Techies taken
with latest Legos
Copyright © 2000 Nando Media
Copyright © 2000 Associated Press
By MARTHA MENDOZA, Associated Press
MOUNTAIN VIEW, Calif. (March 27, 2000
6:52 a.m. EST http://www.nandotimes.com) - Tom Stangl
looks up from his narrow cubicle and admires the dozens
of colorful creations he built from his collection of
about a quarter-million Lego building blocks.
"As a grown man, this is good
stress relief and it keeps my imagination going,"
said Stangl, a 34-year-old technical support engineer
for Sun-Netscape Alliance and one of thousands of
techies taken with this children's toy.
The Silicon Valley's fascination with
the famed Danish interlocking plastic blocks took off in
the fall of 1998, when Lego launched Lego Mindstorms - a
new generation of Legos that could be manipulated using
microcomputers, light and touch sensors, an infrared
transmitter and CD ROMs.
Computer programmers quickly hacked
the Mindstorms' code and began devising ever-more
complex creations: a miniature photocopier, a coin
sorter and a variety of robots that can bark like dogs,
climb stairs or carry the morning paper.
Programmers have figured out how to
control them with everything from their CD players to
Palm handheld devices.
"A lot of kids get rid of their
Legos when they're teenagers. But a friend got me back
into them and I'm really having a good time," said
Stangl, a member of the Bay Area Lego Users Group, which
corresponds online and meets monthly for building
sessions.
Lego Mindstorms Vice President Linda
Dalton, who works with master builders at the company's
colorful Novato, Calif., headquarters, said adult buyers
boosted sales 300 percent last year.
"We thought these were going to
be for kids, but what we're seeing is a huge amount of
interest from the high-tech community," she said.
Engineering teachers around the
country are introducing the toys to their students for
projects.
"There is something very exciting
about making physical objects come alive," said
Mitchel Resnick, an assistant professor at the
Massachusetts Institute of Technology, where he uses
Mindstorms to teach students in his media laboratory.

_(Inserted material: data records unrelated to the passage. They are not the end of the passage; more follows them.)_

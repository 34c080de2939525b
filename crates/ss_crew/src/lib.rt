//! The parts of a running job in slots, which threads take and give back: its tails, its replicas, and its vault.
#![tactic(auto)]

mod crew_plan;
mod part;
mod rows;

pub use crew_plan::CrewPlan;
pub use part::Part;
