//! What may stand in a slot.
ghost use Rattle.std.specs.Prelude.{◌≡◌};

use crate::crew_plan::CrewPlan;
use crate::rows::{inst_row, tail_row, vault_row};
use ss_outside::{Depot, Outputs};
use ss_plan::Plan;
use ss_tail::Tail;
use ss_turns::Member;
use ss_vault::{Counts, Vault};
use ss_vertex::Inst;
use std::marker::Model;
use std::sync::Arc;

/// A part of a running job, with what it needs to be worked on apart from the others. A tail and a replica stand for
/// the plan, and a vault is sound.
#[derive(Drop)]
pub struct Part<O: Outputs, D: Depot> {
    pub(crate) plan: Arc<Plan>,
    pub(crate) started: Counts,
    pub(crate) place: u32,
    pub(crate) body: Body<O, D>,
}

/// What the part is.
#[derive(Drop)]
pub(crate) enum Body<O, D> {
    Tail(Tail),
    Replica(Replica),
    Vault(Vault<O, D>),
}

/// An instance, and the newest snapshot of its vertex that it knows to be stored; 0 of a source.
#[derive(Drop)]
pub(crate) struct Replica {
    pub(crate) inst: Inst,
    pub(crate) last: u64,
}

impl<O: Outputs, D: Depot> Model for Part<O, D> {
    ghost use Rattle.ss_crew.specs.Standing.{PartTold};

    ghost Value = { PartTold };

    ghost use Rattle.ss_expr.specs.contracts.stream_operator.Spec as the_spec;
    ghost use Rattle.std.specs.Coded.{codes};

    ghost coded = { Prim.hlevel (codes, the_spec.the_row.coded) };

    ghost use Rattle.std.specs.Arc.{arc_value};
    ghost use Rattle.ss_crew.specs.Standing.{StandsAt, part_plan, row_of};

    ghost view = { λ p. record {
      plan = part_plan (arc_value p.plan) p.started;
      place = p.place;
      numbers = row_of O.told D.told (arc_value p.plan) p.body;
    } };

    ghost invariant = { λ p. StandsAt O.told D.told (part_plan (arc_value p.plan) p.started) p.place p.body };
}

impl<O: Outputs, D: Depot> Member for Part<O, D> {
    type Plan = CrewPlan;

    ghost plan = { λ p. p.plan };

    ghost place = { λ p. p.place };

    ghost numbers = { λ p. p.numbers };

    fn place(&self) -> u32 {
        self.place
    }

    fn numbers(&self) -> [u64; 104] {
        match &self.body {
            Body::Tail(tail) => tail_row(tail),
            Body::Replica(replica) => inst_row(&replica.inst, replica.last),
            Body::Vault(vault) => vault_row(&self.plan, vault),
        }
    }
}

"In the past, you had to be a
technical wizard, buying parts from Radio Shack, to
build your own robot, or to add a sensor to the door of
your room. Lego Mindstorms makes it possible for a much
larger community of people to create their own
computerized contraptions - and the sales figures
demonstrate that many adults are interested."

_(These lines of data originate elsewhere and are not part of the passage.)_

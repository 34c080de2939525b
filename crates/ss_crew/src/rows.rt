//! The numbers by which a pass keeps a record of a part.
ghost use Rattle.std.specs.Prelude.{◌≡◌, ◌+◌, ◌<◌, ◌≤◌, length};
ghost use Rattle.ss_crew.specs.Rows.{Three, inst_row as inst_row_of, put_three, stored_row, tail_row as tail_row_of};
ghost use Rattle.ss_crew.specs.Rows.{have_ended as have_ended_of, vault_head as vault_head_of};
ghost use Rattle.ss_crew.specs.Rows.{vault_row as vault_row_of};
ghost use Rattle.ss_frames.specs.Plans.{plan_numbers};
ghost use Rattle.ss_state.specs.Numbers.{vertex};
ghost use Rattle.ss_vault.specs.Sound.{Sound};
ghost use Rattle.ss_vault.specs.Told.{durable_of, vault_told};
ghost use Rattle.ss_vertex.specs.Inst.{inst_numbers};

use ss_engine::vertex_count;
use ss_outside::{Depot, Outputs};
use ss_plan::Plan;
use ss_tail::Tail;
use ss_vault::{Vault, plan_facts};
use ss_vertex::Inst;
use ss_water::Kind;

/// The numbers of a tail.
pub(crate) fn tail_row(tail: &Tail) -> [u64; 104]
    ensures { result ≡ tail_row_of tail.now.numbers }
{
    let mut row = [0; 104];
    row[0] = tail.from();
    row[1] = tail.end();
    row[2] = tail.seen();
    row[3] = u64::from(tail.torn());
    row[4] = tail.stored();
    row
}

/// The numbers of a replica that knows of this snapshot as the newest.
pub(crate) fn inst_row(inst: &Inst, last: u64) -> [u64; 104]
    ensures { result ≡ inst_row_of (inst_numbers inst.now) last }
{
    let mut row = [0; 104];
    row[0] = u64::from(inst.is_up());
    row[1] = inst.n();
    row[2] = inst.left();
    row[3] = last;
    row
}

/// The numbers of the vault.
pub(crate) fn vault_row<O: Outputs, D: Depot>(plan: &Plan, vault: &Vault<O, D>) -> [u64; 104]
    requires { Sound plan.now (vault_told O.told D.told vault.now) }
    ensures { result ≡ vault_row_of (plan_numbers plan.now) (vault_told O.told D.told vault.now) }
{
    plan_facts(plan);
    let mut row = vault_head(plan, vault);
    'vertices: for v in 0..vertex_count(plan) {
        put(&mut row, 8 + 3 * v as usize, stored(plan, vault, v));
    }
    row
}

/// The numbers of the vault that belong to no vertex.
fn vault_head<O: Outputs, D: Depot>(plan: &Plan, vault: &Vault<O, D>) -> [u64; 104]
    requires { Sound plan.now (vault_told O.told D.told vault.now) }
    ensures { result ≡ vault_head_of (plan_numbers plan.now) (vault_told O.told D.told vault.now) }
{
    let counts = vault.counts();
    let mut row = [0; 104];
    row[0] = vault.entries();
    row[1] = vault.since();
    row[2] = u64::from(vault.halted().is_some());
    row[3] = u64::from(have_ended(plan, vault));
    row[4] = counts.faults;
    row[5] = counts.shorts;
    row[6] = counts.output_faults;
    row
}

/// Whether every sink has put its whole stream.
pub(crate) fn have_ended<O: Outputs, D: Depot>(plan: &Plan, vault: &Vault<O, D>) -> bool
    requires { Sound plan.now (vault_told O.told D.told vault.now) }
    ensures { result ≡ have_ended_of (plan_numbers plan.now) (vault_told O.told D.told vault.now) }
{
    plan_facts(plan);
    vault.all_ended()
}

/// What the vault tells of vertex `v`.
fn stored<O: Outputs, D: Depot>(plan: &Plan, vault: &Vault<O, D>, v: u32) -> (u64, u64, u64)
    requires sound { Sound plan.now (vault_told O.told D.told vault.now) }
    requires vertex { v < length (plan_numbers plan.now).vertices }
    ensures { record { first = result.0; second = result.1; third = result.2 }
        ≡ stored_row (vertex (plan_numbers plan.now) v) (durable_of (vault_told O.told D.told vault.now) v) }
{
    plan_facts(plan);
    match plan.job().graph().node(v).kind {
        Kind::Source => (vault.base(v), vault.dur(v), vault.mark(v)),
        Kind::Inner => (vault.base(v), vault.dur(v), vault.low(v)),
        Kind::Sink => (vault.taken(v), 0, 0),
    }
}

/// Puts three numbers into the places from `at` on.
fn put(row: &mut [u64; 104], place: usize, numbers: (u64, u64, u64))
    requires { place + 2 < 104 }
    ensures { row.new ≡ put_three row.old place (record { first = numbers.0; second = numbers.1; third = numbers.2 }) }
{
    row[place] = numbers.0;
    row[place + 1] = numbers.1;
    row[place + 2] = numbers.2;
}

Indeed, Lego officials in Copenhagen
credit the Mindstorms line with the company's financial
recovery.
Last month, Lego chief executive Kjeld
Kirk Kristiansen - grandson of the company's founder -
said 1999 "began in insecurity and nervousness but
ended with progress and belief in the future."

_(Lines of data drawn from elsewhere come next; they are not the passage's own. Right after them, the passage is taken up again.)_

use ss_plan::Plan;
use ss_vault::Counts;

/// What all parts of one running job have in common: its plan, and how often its devices had failed when its vault was
/// started. It shows in contracts alone.
#[derive(Drop)]
pub struct CrewPlan {
    /// The plan that is run.
    pub plan: Plan,
    /// The counts of the devices at the start.
    pub started: Counts,
}
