ghost use Rattle.std.specs.Prelude.{◌≡◌};
ghost use Rattle.keep_change.specs.Halves.{turned};

use crate::change::{Change, PackMark};
use crate::stored_file::StoredFile;

/// Which way a change is turned.
#[derive(Clone, Copy, PartialEq, Eq)]
pub enum Turn {
    /// It is made.
    Make,
    /// It is taken back.
    TakeBack,
}

impl Change {
    /// The files that come where the change is turned this way.
    pub fn coming_files(&self, turn: Turn) -> &[StoredFile]
        ensures { result.now ≡ (turned turn self.now).adds }
    {
        match turn {
            Turn::Make => self.adds.as_slice(),
            Turn::TakeBack => self.drops.as_slice(),
        }
    }

    /// The files that go.
    pub fn going_files(&self, turn: Turn) -> &[StoredFile]
        ensures { result.now ≡ (turned turn self.now).drops }
    {
        match turn {
            Turn::Make => self.drops.as_slice(),
            Turn::TakeBack => self.adds.as_slice(),
        }
    }

    /// The marks that come.
    pub(crate) fn coming_marks(&self, turn: Turn) -> &[PackMark]
        ensures { result.now ≡ (turned turn self.now).sets }
    {
        match turn {
            Turn::Make => self.sets.as_slice(),
            Turn::TakeBack => self.clears.as_slice(),
        }
    }

    /// The marks that go.
    pub(crate) fn going_marks(&self, turn: Turn) -> &[PackMark]
        ensures { result.now ≡ (turned turn self.now).clears }
    {
        match turn {
            Turn::Make => self.clears.as_slice(),
            Turn::TakeBack => self.sets.as_slice(),
        }
    }
}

The company said it lost money in 1998
for the first time since it was founded in the 1930s
because of increasing competition from electronic toys
and computer games.
But about 80,000 of the $200
Mindstorms kits sold in the first three months they were
on the market, and their continued success has pulled
the company back into the black. The company hasn't
released Lego sales figures since.
"We still have a long way to go
before our cultural transformation is complete, but the
trend has been reversed and the clouds are
lifting," Kirk Kristiansen said.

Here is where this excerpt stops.